Each line of the data that includes "ContourPoints" must be copied.

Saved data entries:
* * *

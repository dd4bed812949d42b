//! A lookup of `GPOS` over a buffer: each glyph that it is for is tried with its subtables, one after the other (HarfBuzz,
//! `apply_forward`).

ghost use Rattle.std.specs.Prelude.{ℕ, ◌≡◌, ◌≤◌, ◌<◌, ◌-◌, true, false, length, min, slice_get, None, Some, IsSome, IfNone, IfSome};
ghost use Rattle.ot_layout.specs.ApplyContext.{IsMadeFor};
ghost use Rattle.ot_layout.specs.Budget.{IsNotMore};
ghost use Rattle.glyph_digests.specs.Covered.{covered_index};
ghost use Rattle.ot_gpos.specs.Attachments.{HasNoPixels};
ghost use Rattle.ot_gpos.specs.Contexts.{AreDone, IsContextDone, named, record_done, target};
ghost use Rattle.ot_attachments.specs.Flags.{KeepsBits, KeepsText, untouched};
ghost use Rattle.ot_gpos.specs.Lookups.{applied, is_simple, outcome, text_of};
ghost use Rattle.ot_gpos.specs.Nested as others;
ghost use Rattle.ot_gpos.specs.Nested.{IsOneTried, IsTried, IsVisited};
ghost use Rattle.ot_gpos.specs.Runs.{IsPositioned};
ghost use Rattle.ot_gpos.specs.Subtables.{bases_at, simple_at, simple_next};
ghost use Rattle.ot_gpos.specs.Visit.{visit_of};
ghost use Rattle.ot_lookups.specs.Lookup.{is_for};
ghost use Rattle.ot_lookups.specs.LookupProps.{glyph_at};
ghost use Rattle.ot_lookups.specs.NextAsked.{IsNextOf};
ghost use Rattle.shaping_buffer.specs.KeepsClusters.{KeepsClusters};
ghost use Rattle.shaping_buffer.specs.State.{HasPositions};

use crate::attachment::attach_mark;
use crate::contexts::fit_at;
use crate::cursive::place_cursive;
use crate::marks::{LastBase, attachment_at};
use crate::pairs::{place_pair, place_single};
use crate::turn::{Setting, Turn};
use ot_attachments::flags::{mark_break, mark_concat};
use ot_contexts::context::Fit;
use ot_gpos_tables::contour_points::ContourPoints;
use ot_layout::budget::{PASSED_A_STEP, SUBTABLE_STEPS};
use ot_layout::search::{LookupContext, MatchPositions, Search};
use ot_layout::skipping_iterator::LookupOptions;
use ot_lookups::lookup_list::Lookup;
use ot_lookups::lookup_props::covered_index;
use ot_lookups::subtable::Subtable;
use ot_lookups::subtable_kind::SubtableKind;
use rb_glyph::hb_glyph_info_t;
use shaping_buffer::hb_buffer_t;
use std::mem;

/// How deep lookups may apply others (HarfBuzz, `HB_MAX_NESTING_LEVEL`).
const MAX_NESTING_LEVEL: u32 = 64;

/// A lookup at a glyph.
#[derive(Drop)]
struct Task<'a, 'l, P> {
    /// The font's lookups and its size.
    setting: &'a Setting<'a, P>,
    /// The lookup, and its iterators.
    applied: &'l LookupContext<'a>,
    /// How it is applied.
    options: &'a LookupOptions,
    /// The place of the glyph.
    place: usize,
    /// How many levels of lookups it may apply.
    depth: u32,
    ghost made: { IsMadeFor options.now true applied.now },
}

/// Positions the glyphs by the lookup of this index, where the buffer's glyphs have one of the options' bits. A budget that is spent
/// ends the iterator, and `buffer.shaping_failed` says so.
pub fn position<P: ContourPoints>(
    buffer: &mut hb_buffer_t,
    setting: &Setting<P>,
    lookup: u16,
    options: &LookupOptions,
    search: &mut Search,
)
    requires closed { buffer.old.have_output ≡ false }
    requires placed { IsSome buffer.old.positions }
    ensures closed { buffer.new.have_output ≡ false }
    ensures placed { IsSome buffer.new.positions }
    ensures rest { untouched buffer.new ≡ untouched buffer.old }
    ensures flags { KeepsBits buffer.old.input buffer.new.input }
    ensures spent { IsNotMore search.old.budget search.new.budget }
    ensures says { search.new.budget.steps ≡ 0 → buffer.new.shaping_failed ≡ true }
    ensures exact { let list = setting.now.list.now in
        HasNoPixels setting.now.instance → 0 < search.new.budget.steps
        → IsPositioned list (slice_get list.lookups.items lookup) options.now setting.now.instance
        search.old.budget.nested buffer.old search.new.budget.nested buffer.new }
    ensures keeps { KeepsClusters buffer.old buffer.new }
{
    place_all(buffer, setting, lookup, options, search);
    fail_if_spent(buffer, search);
}

/// Positions the glyphs by the lookup of this index, one after the other.
fn place_all<'a, P: ContourPoints>(
    buffer: &mut hb_buffer_t,
    setting: &'a Setting<'a, P>,
    index: u16,
    options: &'a LookupOptions,
    search: &mut Search,
)
    requires placed { HasPositions buffer.old }
    ensures kept { KeepsText buffer.old buffer.new }
    ensures spent { IsNotMore search.old.budget search.new.budget }
    ensures exact { let list = setting.now.list.now in
        HasNoPixels setting.now.instance → 0 < search.new.budget.steps
        → IsPositioned list (slice_get list.lookups.items index) options.now setting.now.instance
        search.old.budget.nested buffer.old search.new.budget.nested buffer.new }
{
    let Some(lookup) = setting.list.lookup(index) else {
        return;
    };
    search.budget.pay_for(1 + buffer.len() / PASSED_A_STEP);
    let applied = LookupContext::new(lookup, options, true);
    let mut last = LastBase::none();
    let mut next = 0;
    for _turn in 0..buffer.len() {
        let place = next_place(buffer.info(), lookup, options.mask, next);
        if place == buffer.len() || search.budget.is_spent() {
            return;
        }
        let task = Task {
            setting,
            applied: &applied,
            options,
            place,
            depth: MAX_NESTING_LEVEL,
        };
        next = place_by_lookup(buffer, &task, search, &mut last)
            .unwrap_or(0)
            .max(place + 1);
    }
}

/// The first place from this one on at which the lookup may do something, or the number of glyphs.
fn next_place(glyphs: &[hb_glyph_info_t], lookup: &Lookup, mask: u32, from: usize) -> usize
    ensures within { result ≤ length glyphs.now }
    ensures from { min from (length glyphs.now) ≤ result }
    ensures at { result < length glyphs.now → is_for lookup.now mask (glyph_at glyphs.now result) ≡ true }
    ensures passed { (place : ℕ) → from ≤ place → place < result → is_for lookup.now mask (glyph_at glyphs.now place) ≡ false }
{
    lookup.first_place(mask, glyphs, from.min(glyphs.len()))
}

/// Positions the glyph by the first subtable that does, and says where the iterator goes on.
#[cycle(nested)]
fn place_by_lookup<'a, 'l, P: ContourPoints>(
    buffer: &mut hb_buffer_t,
    task: &Task<'a, 'l, P>,
    search: &mut Search,
    last: &mut LastBase,
) -> Option<usize>
    requires placed { HasPositions buffer.old }
    ensures kept { KeepsText buffer.old buffer.new }
    ensures spent { IsNotMore search.old.budget search.new.budget }
    ensures exact { let a = applied task.now.setting.now.list.now task.now.applied.now.lookup.now task.now.options.now task.now.setting.now.instance in
        HasNoPixels a.instance → 0 < search.new.budget.steps
        → IsTried task.now.depth a task.now.place (text_of buffer.old last.old search.old.budget.nested)
        (outcome (text_of buffer.new last.new search.new.budget.nested) result) }
{
    if task.place >= buffer.len() {
        return None;
    }
    let glyph = buffer.info()[task.place].glyph_id;
    let subtables = task.setting.list.subtables_of(task.applied.lookup);
    search.budget.pay_for(subtables.len() / PASSED_A_STEP);
    for subtable in subtables {
        let next = try_subtable(buffer, task, subtable, glyph, search, last);
        if next.is_some() {
            return next;
        }
    }
    None
}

* * *

» **Reply**
use ot_gpos_tables::contour_points::ContourPoints;
pub fn position<P: ContourPoints>(
fn place_all<'a, P: ContourPoints>(
fn place_by_lookup<'a, 'l, P: ContourPoints>(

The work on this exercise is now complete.